Clorotekal Dosage

Important Dosage and Administration Information

CLOROTEKAL® must only be administered by clinicians with the necessary knowledge and experience in the intrathecal anesthesia administration. The equipment, drugs, and personnel capable of dealing with an emergency, e.g. maintaining the patency of the airways and administering oxygen, must be immediately available, because in rare cases severe reactions, sometimes with a fatal outcome, have been reported after using local anesthetics, even in the absence of individual hypersensitivity in the patient's case history.

• Visually inspect parental drug products for particulate matter and discoloration prior to administration, whenever solution and container permit.
• CLOROTEKAL® is intended for single-use only. Discard any unused portion in an appropriate manner.
• CLOROTEKAL® must be drawn up with a filter needle. Use CLOROTEKAL® immediately after first opening. Protect from light. Do not freeze, heat, or autoclave [see How Supplied/Storage and Handling (16)].
• In the absence of safety studies and compatibility studies, this product must not be mixed or diluted with other products. In addition, this product should not be substituted with a different chloroprocaine product.
• The safety of CLOROTEKAL® administration via continuous spinal catheters has not been established and administration by this route is not recommended.

Administration

Not for epidural administration.

Monitor vital signs during dural puncture and provide oxygen via face mask or nasal cannula. Slowly inject the entire dose, while monitoring the patient's vital signs.

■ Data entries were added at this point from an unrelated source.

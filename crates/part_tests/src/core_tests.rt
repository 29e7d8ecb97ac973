// Steps of the core of priorities, and programs played over lists of steps.
ghost use Rattle.std.specs.Prelude.{◌<◌, ◌≤◌, ◌^◌, length};
ghost use Rattle.preempt_core.specs.Replays.{commit_steps};

use crate::helpers::checked;
use causality::Checked;
use frp_tree::{List, Value};
use preempt_core::{Core, Done, Played, ReplayFault, Step, replay};
use std::alloc::Global;
use std::test::Fail;

#[test]
fn each_step_answers(rt: HostRuntime) {
    // Of two events the second is the more urgent; it interrupts the first.
    let steps = [
        (Step::Take, None),
        (Step::Arrive(0), Some(Done::Latched(0))),
        (Step::Arrive(0), Some(Done::Merged(0))),
        (Step::Take, Some(Done::Took(0))),
        (Step::Work, Some(Done::Worked)),
        (Step::Arrive(1), Some(Done::Latched(1))),
        (Step::Take, Some(Done::Took(1))),
        (Step::Resume, None),
        (Step::Commit, Some(Done::Committed(1))),
        (Step::Resume, Some(Done::Resumed)),
        (Step::Commit, None),
        (Step::Redo, Some(Done::Redone(0))),
        (Step::Redo, None),
        (Step::Commit, Some(Done::Committed(0))),
        (Step::Resume, Some(Done::Resumed)),
        (Step::Resume, None),
    ];
    let mut core = Core::new(&[1, 2]);
    for (step, wanted) in steps {
        assert!(rt; core.step(step) == wanted);
    }
}

/// The replay of a program without inputs; None where it has one.
fn replay_without_inputs(
    alloc: Global,
    c: &Checked,
    steps: &[Step],
) -> Option<Result<Played, ReplayFault>>
    requires few { length steps.now < 2 ^ 32 }
    requires commits { commit_steps steps.now ≤ 3 }
{
    if c.typed().inputs() != 0 {
        return None;
    }
    let samples = [List::new(alloc), List::new(alloc), List::new(alloc)];
    Some(replay(alloc, c, steps, &samples))
}

/// A quotient by what a more urgent event makes larger.
const QUOTIENT: &str =
    "event Low = TMR1 priority 1; event High = INT priority 2; let d : u16 = init 3w in { High => d + 2w; }; let q : u16 = init 0w in { Low => 60000w / d; };";

fn is_played(played: &Played, commits: &[u8], values: &[Value], ports: &[u8]) -> bool {
    played.commits.as_slice() == commits
        && played.state.values.as_slice() == values
        && played.ports.as_slice() == ports
}

/// A run of Low that is interrupted, and goes on to its commit as if it were not void.
const WITHOUT_REDO: [Step; 10] = [
    Step::Arrive(0),
    Step::Take,
    Step::Work,
    Step::Arrive(1),
    Step::Take,
    Step::Commit,
    Step::Resume,
    Step::Commit,
    Step::Commit,
    Step::Resume,
];

#[test]
fn begins_again_with_what_a_commit_left(rt: HostRuntime) -> Result<(), Fail> {
    let mut steps = WITHOUT_REDO;
    steps[7] = Step::Redo;
    match replay_without_inputs(rt.alloc(), &checked(rt.alloc(), QUOTIENT)?, &steps) {
        Some(Ok(played)) => {
            assert!(rt; is_played(&played, &[1, 0], &[Value::U16(5), Value::U16(12000)], &[]));
        }
        _ => assert!(rt; false),
    }
    Ok(())
}

#[test]
fn void_run_may_not_commit(rt: HostRuntime) -> Result<(), Fail> {
    match replay_without_inputs(rt.alloc(), &checked(rt.alloc(), QUOTIENT)?, &WITHOUT_REDO) {
        Some(Err(fault)) => assert_eq!(rt; fault, ReplayFault::NotAllowed(7)),
        _ => assert!(rt; false),
    }
    Ok(())
}

/// The replay of two commits of the first event of a program with one input, which reads these bytes; None where it has
/// another number of inputs.
fn replay_of_two(
    alloc: Global,
    c: &Checked,
    first: u8,
    second: u8,
) -> Result<Option<Result<Played, ReplayFault>>, Fail> {
    if c.typed().inputs() != 1 {
        return Ok(None);
    }
    let steps = [
        Step::Arrive(0),
        Step::Take,
        Step::Commit,
        Step::Resume,
        Step::Arrive(0),
        Step::Take,
        Step::Commit,
    ];
    let first = List::from_vec(vec![in alloc; first]?);
    let second = List::from_vec(vec![in alloc; second]?);
    Ok(Some(replay(alloc, c, &steps, &[first, second])))
}

/// A sum of what is read, and the last that was read.
const SUM: &str =
    "event Tick = INT priority 1; let key : u8 = input PORTB; let sum : u8 = init 0 in { Tick => sum + key; }; output PORTC = sum; output PORTD = key;";

#[test]
fn each_commit_has_its_samples(rt: HostRuntime) -> Result<(), Fail> {
    match replay_of_two(rt.alloc(), &checked(rt.alloc(), SUM)?, 7, 200)? {
        Some(Ok(played)) => {
            assert!(rt; is_played(&played, &[0, 0], &[Value::U8(207)], &[7, 7, 207, 200]));
        }
        _ => assert!(rt; false),
    }
    Ok(())
}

In general, the following points should be taken into consideration:

• A free flow of cerebrospinal fluid during the performance of spinal anesthesia is indicative of entry into the subarachnoid space.
• To avoid intravascular injection, aspiration should be performed before the anesthetic solution is injected. The needle must be repositioned until no blood return can be elicited. However, the absence of blood in the syringe does not guarantee that intravascular injection has been avoided.
• Do not puncture the skin if there are signs of infection or inflammation.
• The patient should have IV fluids running via an indwelling catheter to assure functioning intravenous access.

Recommended Dosing

The extent and degree of spinal anesthesia depend upon several factors including dosage, specific gravity of the anesthetic solution, volume of solution used, force of injection, level of puncture, and position of the patient during and immediately after injection.

To obtain an effective block to the T 10 level with one single administration in an adult of average height and weight (approximately 70 kg), the recommended dose is 50 mg.

Doses above 50 mg have not been adequately tested for efficacy and safety.